Clearly the default D&D setting is under the sway of extremely powerful guilds that upcharge like a motherfucker.
In our DnD games, different metal coins would be from different kingdoms/nations. They would all have the same value, so copper coins were much much bigger than gold coins, but ultimately 1gp = 1sp = 1cp , and the real trouble is if the seller thinks your foreign money is worth taking at that moment.
I think it's just the dissonance of trying to shoehorn capitalist economics into a feudal setting. In most feudal societies, the money economy, in the sense of everything having a monetary value and having few barriers to exchange that commodity for money and vice versa, isn't fully formed but coexist among different forms of exchange like barter and feudal obligations. The money economy mostly exists within the context of merchants and traders.

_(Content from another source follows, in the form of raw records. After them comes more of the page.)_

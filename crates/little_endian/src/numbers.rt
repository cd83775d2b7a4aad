// A number read from bytes, and stored in them.
ghost use Rattle.std.specs.Prelude.{◌≡◌, length, take};
ghost use Rattle.laws.specs.Bytes.{little, bytes_of};

// The most bytes that a number is read from.
const MOST: usize = 8;

// How many numbers a byte has.
const BYTE: u64 = 256;

// The number of some bytes; of more than eight, that of the first eight.
pub fn number(bytes: &[u8]) -> u64
    ensures { result ≡ little (take 8 bytes.now) }
{
    let mut n: u64 = 0;
    for at in (0..bytes.len().min(MOST)).rev() {
        n = n * BYTE + u64::from(bytes[at]);
    }
    n
}

// Stores a number in all of some bytes: zeros where it needs fewer, and of one that needs more its lower bytes.
pub fn store(number: u64, out: &mut [u8])
    ensures { out.new ≡ bytes_of (length out.old) number }
{
    let mut rest = number;
    for byte in out.iter_mut() {
        *byte = (rest % BYTE) as u8;
        rest /= BYTE;
    }
}
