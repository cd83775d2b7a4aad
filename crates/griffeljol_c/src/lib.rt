// The C library as an archive: every entry of `griffeljol`, exported.
#![tactic(auto)]

mod exports; // exports.rt: the entries
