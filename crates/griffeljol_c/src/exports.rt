// The entries of the C library, each under a plain name with a pointer and a length for each slice: a call of the one of its name in `griffeljol`.
ghost use Rattle.std.specs.Prelude.{◌≡◌, length};
ghost use Rattle.schema.specs.Outcome.{outcome, written};
ghost use Rattle.schema.specs.Rewriting.{rewrite_outcome, rewrite_written};
ghost use Rattle.differences.specs.Outcome.{compare_outcome, compare_written};
ghost use Rattle.c_answer.specs.Answers.{counted_answer, answer, left};
ghost use Rattle.c_sheets.specs.Comparison.{compared_answer};
ghost use Rattle.c_values.specs.Values.{column_type, reading, ordering};
ghost use Rattle.c_timestamps.specs.Timestamps.{Decoding, encoding};
ghost use Rattle.c_timestamps.specs.Int96.{from_int96};
ghost use Rattle.c_boxes.specs.Boxes.{bounding_box_of, Boxing, test_answer};
ghost use Rattle.int96.specs.Outcomes as int96;
ghost use Rattle.boxes.specs.Membership.{membership};

// Resolves a sheet into rows. The value is T, the number of its nodes.
#[unsafe(no_mangle)]
pub extern "C" fn griffeljol_resolve(edition: u32, sheet: &[u8], rows: &mut [u32]) -> u64
    ensures value { result ≡ counted_answer (outcome edition sheet.now (length rows.old)) }
    ensures rows_after { rows.new ≡ written (outcome edition sheet.now (length rows.old)) sheet.now rows.old }
{
    griffeljol::griffeljol_resolve(edition, sheet, rows)
}

// Rewrites a sheet with both annotations into the output from start on. The value is the number of bytes written.
#[unsafe(no_mangle)]
pub extern "C" fn griffeljol_rewrite(
    edition: u32,
    sheet: &[u8],
    out: &mut [u8],
    start: usize,
) -> u64
    ensures value { result ≡ counted_answer (rewrite_outcome edition sheet.now (length out.old) start) }
    ensures out_after { out.new ≡ rewrite_written (rewrite_outcome edition sheet.now (length out.old) start) sheet.now out.old start }
{
    griffeljol::griffeljol_rewrite(edition, sheet, out, start)
}

// Compares two sheets and writes the list of their differences. The value is the number of its entries. A refusal has besides the sheet
// at fault: 1 or 2, and 0 for neither.
#[unsafe(no_mangle)]
pub extern "C" fn griffeljol_compare(
    edition: u32,
    first: &[u8],
    second: &[u8],
    out: &mut [u8],
) -> u64
    ensures value { result ≡ compared_answer (compare_outcome edition first.now second.now (length out.old)) }
    ensures out_after { out.new ≡ compare_written (compare_outcome edition first.now second.now (length out.old)) first.now second.now out.old }
{
    griffeljol::griffeljol_compare(edition, first, second, out)
}

// Reads a value. The value of the answer is its case: 0 truth, 1 signed whole, 2 unsigned whole, 3 FLOAT, 4 DOUBLE, 5 bytes.
// Two numbers are written: its bits and 0, or start and length.
#[unsafe(no_mangle)]
pub extern "C" fn griffeljol_read(
    edition: u32,
    physical: u32,
    type_length: u32,
    kind: u32,
    p1: u32,
    p2: u32,
    value: &[u8],
    out: &mut [u64],
) -> u64
    ensures value { result ≡ answer (reading edition (column_type physical type_length kind p1 p2) value.now (length out.old)) }
    ensures out_after { out.new ≡ left (reading edition (column_type physical type_length kind p1 p2) value.now (length out.old)) out.old }
{
    griffeljol::griffeljol_read(edition, physical, type_length, kind, p1, p2, value, out)
}

// Orders two values. The value of the answer is 0 less, 1 equal, 2 greater or 3 unordered. A refusal has besides the value at
// fault: 1 or 2, and 0 for neither.
#[unsafe(no_mangle)]
pub extern "C" fn griffeljol_order(
    edition: u32,
    physical: u32,
    type_length: u32,
    kind: u32,
    p1: u32,
    p2: u32,
    a: &[u8],
    b: &[u8],
) -> u64
    ensures { result ≡ ordering edition (column_type physical type_length kind p1 p2) a.now b.now }
{
    griffeljol::griffeljol_order(edition, physical, type_length, kind, p1, p2, a, b)
}

// Writes the fields of a count: year, month, day, hour, minute, second, fraction. The value is 7.
#[unsafe(no_mangle)]
pub extern "C" fn griffeljol_decode(unit: u32, count: i64, fields: &mut [i64]) -> u64
    ensures { Decoding unit count fields.old result fields.new }
{
    griffeljol::griffeljol_decode(unit, count, fields)
}

// Writes the count of fields, of which there are seven in the order of decoding; further numbers are not looked at. The value is 1.
#[unsafe(no_mangle)]
pub extern "C" fn griffeljol_encode(unit: u32, fields: &[i64], count: &mut [i64]) -> u64
    ensures value { result ≡ answer (encoding unit fields.now (length count.old)) }
    ensures count_after { count.new ≡ left (encoding unit fields.now (length count.old)) count.old }
{
    griffeljol::griffeljol_encode(unit, fields, count)
}

// Writes the count of an INT96 value. The value is 1.
#[unsafe(no_mangle)]
pub extern "C" fn griffeljol_from_int96(value: &[u8], count: &mut [i64]) -> u64
    ensures value { result ≡ answer (from_int96 value.now (length count.old)) }
    ensures count_after { count.new ≡ left (from_int96 value.now (length count.old)) count.old }
{
    griffeljol::griffeljol_from_int96(value, count)
}

// Writes the INT96 value of a count. The value is 12.
#[unsafe(no_mangle)]
pub extern "C" fn griffeljol_to_int96(count: i64, value: &mut [u8]) -> u64
    ensures value { result ≡ counted_answer (int96.encoding (length value.old)) }
    ensures value_after { value.new ≡ int96.encoded count value.old }
{
    griffeljol::griffeljol_to_int96(count, value)
}

// Writes the box of points, whose coordinates stand in turn: x, y, x, y. A NaN does not count. Four numbers are written: xmin, xmax, ymin,
// ymax. The value is 4, or 0 where there is no box.
#[unsafe(no_mangle)]
pub extern "C" fn griffeljol_box(kind: u32, coordinates: &[f64], bounds: &mut [f64]) -> u64
    ensures { Boxing kind coordinates.now bounds.old result bounds.new }
{
    griffeljol::griffeljol_box(kind, coordinates, bounds)
}

// Tests whether a point is inside a box, which may go round in x. The value is 1 where it is, and 0 where it is not.
#[unsafe(no_mangle)]
pub extern "C" fn griffeljol_inside(
    kind: u32,
    xmin: f64,
    xmax: f64,
    ymin: f64,
    ymax: f64,
    x: f64,
    y: f64,
) -> u64
    ensures { result ≡ test_answer (membership kind (bounding_box_of xmin xmax ymin ymax) x y) }
{
    griffeljol::griffeljol_inside(kind, xmin, xmax, ymin, ymax, x, y)
}
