//! What it costs to come from a node to others: least costs of walks, found by one search in turns.
#![tactic(auto)]

mod endless;
mod found;
mod reach;
mod settling;
mod turn;
mod waiting;
mod want;

pub use reach::Reach;
pub use turn::ReachTurn;
pub use want::Want;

Some peasant finding a valuable ring doesn't mean much if they live in a feudal society where peasants can't own personal property, meaning anything they touch automatically belongs to their feudal landlord. The peasant can't quickly pawn off the ring since most merchants with that amount of coin aren't wasting time in some shitty hamlet. And if the peasant somehow flees to a medieval city in order to find a merchant to sell the ring, well many medieval cities require papers in order to actually enter in the city as a precaution towards fleeing serfs among other things, so the peasant would have to either bribe the guard somehow or sneak their way in. And once in, the merchant would almost certainly offer a price much lower than what the ring's worth since the peasant is in a completely precarious position by virtue of being a refugee.
In a weird way, the high fantasy imagery of some adventurer standing triumphantly over a huge pile of gold coin is just another example of capitalist realism. Gold coin is just a placeholder for money, and we associate money with wealth and power because in a capitalist society with a fully formed money economy, money is wealth and power. But this is not so in a feudal society, where the source of wealth and power is not money but land. The way to make it big in a feudal society is to be created a hereditary title through faithful service to your liege. That or be a warlord who's able to integrate to polite feudal society through a strategic loveless marriage.